# Right turns in Obedience



## hawtee (Nov 1, 2006)

Ok for you obedience pro's out there, 2 weeks ago we were in an obedience/agility trial. Lilli did a very good job esp. with pigeons flying around and just comig out of the agility ring.She got her 3rd leg for her ASCA CD with a score of 192, where we lost points was on the right turns, we lagged. Any hints on how to get a faster/sharper turn?


----------



## Rastadog (Oct 24, 2006)

*may be a couple of things*

Does Lilli lag on about turns? Does she lag during straight line heeling? How is your footwork? We as handlers can do things in the ring that we blame on the dogs when we in fact cause the behavior. When doing right turns is your left foot in her way causing her to go wide and lag? If you feet are in the right place do you have ring nerves? Our partners sense that in a heartbeat. If no to those questions I would go back to basics,heeling in a clockwise direction, on leash, working on heel position using praise and food to help motavate your partner. After a good right turn release and praise. With heeling issues there are no easy fixes. If you don't have it in pratice you won't have it in the ring. I would also look at the attention you have in the ring. It might help to do some attention work. Attention is the key to all obedience. Have you done attention work? Sorry I can't provide an easy fix without seeing you and your dog.


----------



## hawtee (Nov 1, 2006)

let's see, she lags on the right turn, straight line , left turns and abouts are great she is has wonderful focus. nervous in the ring, ahem. I find it more so than agility...foot work... dang it !!!! I just had to get up and do it and caught myself swinging MY right foot wide. Boy are you good. 
will retrain the right turn, praise and treats...thank you very much I would not have caught that


----------



## LibertyME (Jan 6, 2007)

Katie how are her 270R's? Or 360R's ...if
If they are good...then speed may also be a factor in your 'plain jane' right turns.. you may be taking them too slow for your 'fast and agile' agility dog!

Sorry Pam! - I saw your avatar and thought of Katie!


----------



## Rastadog (Oct 24, 2006)

*footwork*

heel, ball, toe keep your feet and knees together. One other thought if you are worried about the right turns you may be turning your head to look at your dog that can cause a lag in some dogs. " Keep your face in your space." Quote from Teri Arnold. I'm glad you were open minded enough to check your footwork. One of the first things Teri taught me when I was training was that when problems happen it is usually the handler and not the dog. Good luck with your training. Are you using the ASCA trials as a warmup for AKC novice classes?


----------



## hawtee (Nov 1, 2006)

Grrrr..you both have nailed it she is very fast in agility and I noticed as I went to do the right turn I slowed myself down, pulled my shoulders back and I did look at her which is my cue in agility for her to go left. I did not realize that when I slowed I also turned my left shoulder as I looked, jeesh so much to correct on my part. In the 270's and 360's we are in a tight fast turn..trust me I know 99.9% of the time the fault is me lol..although sometimes she does have the yehaw factor..
Yes asca is just leading up to the AKC I figured I would try to get all the practice I can before jumping into the big ring lol..
Thank you both for the great info..


----------



## FlyingQuizini (Oct 24, 2006)

Woohoo! Glad you found the answers you needed! The dogs are so amazingly tuned into every little move we make - the slightest dip in your left shoulder can cause a dog to lag!

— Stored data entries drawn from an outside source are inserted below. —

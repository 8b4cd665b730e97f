//! A command of the script.
ghost use Rattle.std.specs.Prelude.{◌≡◌, true};
ghost use Rattle.std.proofs.Props.{props};
ghost use Rattle.operator_cmds.specs.Networks.{IsLimit};
ghost use Rattle.netchange_core.specs.Openings.{is_network};

use prefix_patterns::Prefix;

/// The domain of a router, and the room of its history.
#[derive(Clone, Copy)]
pub struct Network {
    /// The number of nodes, 2 to 250.
    pub size: u16,
    /// The node that the router is, below that.
    pub me: u16,
    /// The most entries of its history, 1 to 1,000,000; `None` if it is left out.
    pub limit: Option<u32>,
    ghost nodes: { is_network size me ≡ true },
    ghost room: { IsLimit limit } by { Prim.hlevel props },
}

/// A look at the tables of a router.
#[derive(Clone, Copy)]
pub enum Look {
    /// `routes`: the route to each node.
    Routes,
    /// `neighbours`: the present session of each up neighbour.
    Neighbours,
    /// `told W`: the distance to each node that a neighbour told, and what its import filter made of it.
    Told(u16),
}

/// One command with the words after it. Contracts see it as a `CommandView`.
#[derive(Drop)]
pub enum Command<'a> {
    /// `network N ME [LIMIT]`: a domain of N nodes, of which the router is ME, and the most entries of its history.
    Network(Network),
    /// `prefix V P`: the prefix of a node.
    Prefix {
        /// V; whether there is such a node is judged by the script.
        node: u16,
        /// P.
        prefix: Prefix,
    },
    /// `load NAME TEXT`: a filter by its text.
    Load {
        /// NAME.
        name: &'a [u8],
        /// TEXT, from its first byte that is no blank to the end of the line.
        text: &'a [u8],
    },
    /// `code NAME HEX`: a filter by its code file.
    Code {
        /// NAME.
        name: &'a [u8],
        /// The bytes that HEX writes.
        bytes: Vec<u8>,
    },
    /// `import W NAME`: a filter of what a neighbour tells.
    Import {
        /// W.
        node: u16,
        /// NAME.
        name: &'a [u8],
    },
    /// `export W NAME`: a filter of what a neighbour is told.
    Export {
        /// W.
        node: u16,
        /// NAME.
        name: &'a [u8],
    },
    /// `up W`: the channel to a neighbour works.
    Up(u16),
    /// `down W`: the channel to a neighbour failed.
    Down(u16),
    /// `recv W V D`: a neighbour told a distance.
    Receive {
        /// W.
        node: u16,
        /// V, the destination.
        dest: u16,
        /// D, the distance.
        dist: u16,
    },
    /// `take W`: all messages that wait for a neighbour.
    Take(u16),
    /// `show V`: the route to a node.
    Show(u16),
    /// A look that is no event.
    Look(Look),
    /// `history FROM`: the entries from a position on.
    History(u64),
}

Here's a trick my coach gave me:

When you're heeling, turn your head the direction of the turn a nano-second before you turn the rest of your body. For me, once my head has gone to the right, I'm less apt to do something to make the rest of my body shift to the left, which makes my dog lag. So, the sequence is... heeling.... someone calls right turn.... head>body. If you were counting it off, the head would turn on one and you'd execute the turn with your body on two. OH - heeling to a metronome is helpful, too -- because it lets you know if you're slowing down during the turns.


----------



## hawtee (Nov 1, 2006)

Wow thanks Steph, good idea...


----------